Cushing as Historian: Studying the Cattani Engravings of the Ercole Lelli Ecorchés, 1932

Cushing was given the three lifesize écorchés (skinless figures showing the muscles) by Vittorio Putti, Italian physician and historian of medicine. They were brought first to Arnold C. Klebs’ villa at Nyon, where this photograph was taken, and annotated on the back by Klebs. The engravings were created by Antonio Cattani, ca. 1780, from the celebrated écorchés carved in linden wood by Ercole Lelli in 1734 for the Anatomical Theatre in the Archiginnasio in Bologna. These were prize possessions in Cushing’s collection. Cushing discussed the engravings before the History of Science Society, the Charaka Club, and the Beaumont Medical Club, and published on them in the Yale Journal of Biology and Medicine in 1937.

Joseph Lister Medal, 1932

Awarded to Harvey Cushing "for distinguished contributions to surgical science" by The Royal College of Surgeons of England.
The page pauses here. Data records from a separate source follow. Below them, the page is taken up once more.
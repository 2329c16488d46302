//! Operators as they are spelled, and how tight each binds (ANSI X3.9-1978, sections 6.1.1, 6.2.1, 6.3.1, 6.4.1 and
//! 6.5).
//!
//! Levels of the grammar are counted from the tightest: 0 primary, 1 factor, 2 term, 3 sum, 4 chars, 5 relation,
//! 6 negation, 7 conjunction, 8 disjunction, 9 expr.
ghost use Rattle.std.specs.Prelude.{◌≡◌, ◌∷◌, []};
ghost use Rattle.f77_exprs.specs.Operators as spec;

use f77_ast::expr::Op;
use hyb_base::ops::Rel;

/// An operator between two operands.
#[derive(Clone, Copy)]
pub enum Infix {
    /// `**`.
    Pow,
    /// `*`.
    Mul,
    /// `/`.
    Div,
    /// `+`.
    Add,
    /// `-`.
    Sub,
    /// `//`.
    Cat,
    /// `.EQ.`.
    Eq,
    /// `.NE.`.
    Ne,
    /// `.LT.`.
    Lt,
    /// `.LE.`.
    Le,
    /// `.GT.`.
    Gt,
    /// `.GE.`.
    Ge,
    /// `.AND.`.
    And,
    /// `.OR.`.
    Or,
    /// `.EQV.`.
    Eqv,
    /// `.NEQV.`.
    Neqv,
}

impl Infix {
    /// The operator of a tree.
    pub fn operator(self) -> Op
        ensures { result ≡ spec.operator self }
    {
        match self {
            Infix::Pow => Op::Pow,
            Infix::Mul => Op::Mul,
            Infix::Div => Op::Div,
            Infix::Add => Op::Add,
            Infix::Sub => Op::Sub,
            Infix::Cat => Op::Cat,
            Infix::Eq => Op::Rel(Rel::Eq),
            Infix::Ne => Op::Rel(Rel::Ne),
            Infix::Lt => Op::Rel(Rel::Lt),
            Infix::Le => Op::Rel(Rel::Le),
            Infix::Gt => Op::Rel(Rel::Gt),
            Infix::Ge => Op::Rel(Rel::Ge),
            Infix::And => Op::And,
            Infix::Or => Op::Or,
            Infix::Eqv => Op::Eqv,
            Infix::Neqv => Op::Neqv,
        }
    }

    /// How it is spelled.
    pub fn spelling(self) -> &'static [u8]
        ensures { result.now ≡ spec.spelling self }
    {
        match self {
            Infix::Pow => b"**".as_slice(),
            Infix::Mul => b"*".as_slice(),
            Infix::Div => b"/".as_slice(),
            Infix::Add => b"+".as_slice(),
            Infix::Sub => b"-".as_slice(),
            Infix::Cat => b"//".as_slice(),
            Infix::Eq => b".EQ.".as_slice(),
            Infix::Ne => b".NE.".as_slice(),
            Infix::Lt => b".LT.".as_slice(),
            Infix::Le => b".LE.".as_slice(),
            Infix::Gt => b".GT.".as_slice(),
            Infix::Ge => b".GE.".as_slice(),
            Infix::And => b".AND.".as_slice(),
            Infix::Or => b".OR.".as_slice(),
            Infix::Eqv => b".EQV.".as_slice(),
            Infix::Neqv => b".NEQV.".as_slice(),
        }
    }
}

/// An operator before its one operand.
#[derive(Clone, Copy)]
pub enum Prefix {
    /// `+`.
    Plus,
    /// `-`.
    Neg,
    /// `.NOT.`.
    Not,
}

impl Prefix {
    /// The operator of a tree.
    pub fn operator(self) -> Op
        ensures { result ≡ spec.prefix_operator self }
    {
        match self {
            Prefix::Plus => Op::Plus,
            Prefix::Neg => Op::Neg,
            Prefix::Not => Op::Not,
        }
    }

    /// How it is spelled.
    pub fn spelling(self) -> &'static [u8]
        ensures { result.now ≡ spec.prefix_spelling self }
    {
        match self {
            Prefix::Plus => b"+".as_slice(),
            Prefix::Neg => b"-".as_slice(),
            Prefix::Not => b".NOT.".as_slice(),
        }
    }
}

/// Whether a text begins with a spelling.
pub fn begins(spelling: &[u8], text: &[u8]) -> bool
    ensures { result ≡ spec.begins spelling.now text.now }
{
    text.starts_with(spelling)
}

/// Whether an operator comes next: `/` only where `//` doesn't. `**` is taken at level 1, before `*` is looked for.
fn is_here(operator: Infix, text: &[u8]) -> bool
    ensures { result ≡ spec.is_here operator text.now }
{
    match operator {
        Infix::Div => begins(b"/".as_slice(), text) && !begins(b"//".as_slice(), text),
        _ => begins(operator.spelling(), text),
    }
}

/// The first of some operators that comes next.
fn first_here(operators: &[Infix], text: &[u8]) -> Option<Infix>
    ensures { result ≡ spec.first_passing spec.is_here operators.now text.now }
{
    for operator in operators {
        if is_here(*operator, text) {
            return Some(*operator);
        }
    }
    None
}

/// The operator of a level that comes next.
pub fn infix_at(level: usize, text: &[u8]) -> Option<Infix>
    ensures { result ≡ spec.infix_at level text.now }
{
    match level {
        1 => first_here(&[Infix::Pow], text),
        2 => first_here(&[Infix::Mul, Infix::Div], text),
        3 => first_here(&[Infix::Add, Infix::Sub], text),
        4 => first_here(&[Infix::Cat], text),
        5 => first_here(
            &[
                Infix::Eq,
                Infix::Ne,
                Infix::Lt,
                Infix::Le,
                Infix::Gt,
                Infix::Ge,
            ],
            text,
        ),
        7 => first_here(&[Infix::And], text),
        8 => first_here(&[Infix::Or], text),
        9 => first_here(&[Infix::Eqv, Infix::Neqv], text),
        _ => None,
    }
}

/// Whether an operator comes next before its operand.
fn is_before(operator: Prefix, text: &[u8]) -> bool
    ensures { result ≡ spec.is_before operator text.now }
{
    begins(operator.spelling(), text)
}

/// The operator before an operand that comes next at the head of a level.
pub fn prefix_at(level: usize, text: &[u8]) -> Option<Prefix>
    ensures { result ≡ spec.prefix_at level text.now }
{
    match level {
        3 if is_before(Prefix::Plus, text) => Some(Prefix::Plus),
        3 if is_before(Prefix::Neg, text) => Some(Prefix::Neg),
        6 if is_before(Prefix::Not, text) => Some(Prefix::Not),
        _ => None,
    }
}
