//! Constants, as they are read from a text (ANSI X3.9-1978, section 4).
ghost use Rattle.std.specs.Prelude.{◌≡◌, ◌≤◌, [], length};
ghost use Rattle.f77_exprs.specs.Read.{Reads};
ghost use Rattle.f77_exprs.specs.Reading as spec;

use crate::reader::Reader;
use crate::unread::Unread;
use f77_ast::expr::Expr;
use hyb_base::bytes::Bytes;
use std::alloc::Global;

/// The bytes of a character constant up to the apostrophe that ends it: two apostrophes side by side are one.
fn characters(alloc: Global, reader: &mut Reader<'_>) -> Result<Bytes, Unread>
    ensures value { Reads (spec.characters [] reader.old) result reader.new }
    ensures within { length reader.new ≤ length reader.old }
{
    let mut found = Bytes::new(alloc);
    while let Some(byte) = reader.next_byte() {
        if byte == b'\'' && !reader.eat(b'\'') {
            return Ok(found);
        }
        found.push(byte)?;
    }
    Err(Unread::Unspelled)
}

/// primary: a character constant of at least one character, after its first apostrophe
/// (ANSI X3.9-1978, section 4.8.1).
#[tactic(auto, unfolding(crate::specs::Reading::constant))]
pub fn constant(alloc: Global, reader: &mut Reader<'_>) -> Result<Bytes, Unread>
    ensures value { Reads (spec.constant reader.old) result reader.new }
    ensures within { length reader.new ≤ length reader.old }
{
    let bytes = characters(alloc, reader)?;
    if bytes.is_empty() {
        return Err(Unread::Unspelled);
    }
    Ok(bytes)
}

/// primary: a constant, where one comes next (ANSI X3.9-1978, section 4.2).
#[tactic(auto, unfolding(crate::specs::Reading::literal))]
pub fn literal(alloc: Global, reader: &mut Reader<'_>) -> Result<Option<Expr>, Unread>
    ensures value { Reads (spec.literal reader.old) result reader.new }
    ensures within { length reader.new ≤ length reader.old }
{
    if reader.eat(b'\'') {
        let bytes = constant(alloc, reader)?;
        return Ok(Some(Expr::Chars(bytes)));
    }
    if reader.eat_word(b".TRUE.".as_slice()) {
        return Ok(Some(Expr::Truth(true)));
    }
    if reader.eat_word(b".FALSE.".as_slice()) {
        return Ok(Some(Expr::Truth(false)));
    }
    reader.number()
}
Henry Jacob Bigelow Medal, 1933

"Awarded to Harvey Cushing, 1933, for Contributions to the Advancement of Surgery" by The Boston Medical Society.

Cushing Medallion, 1932

This medical was struck on the occasion of Cushing’s retirement from Harvard and his twentieth anniversary as Moseley Professor of Surgery. It was engraved by Adrian Broduer and manufactured by the Medallic Art Co., N.Y.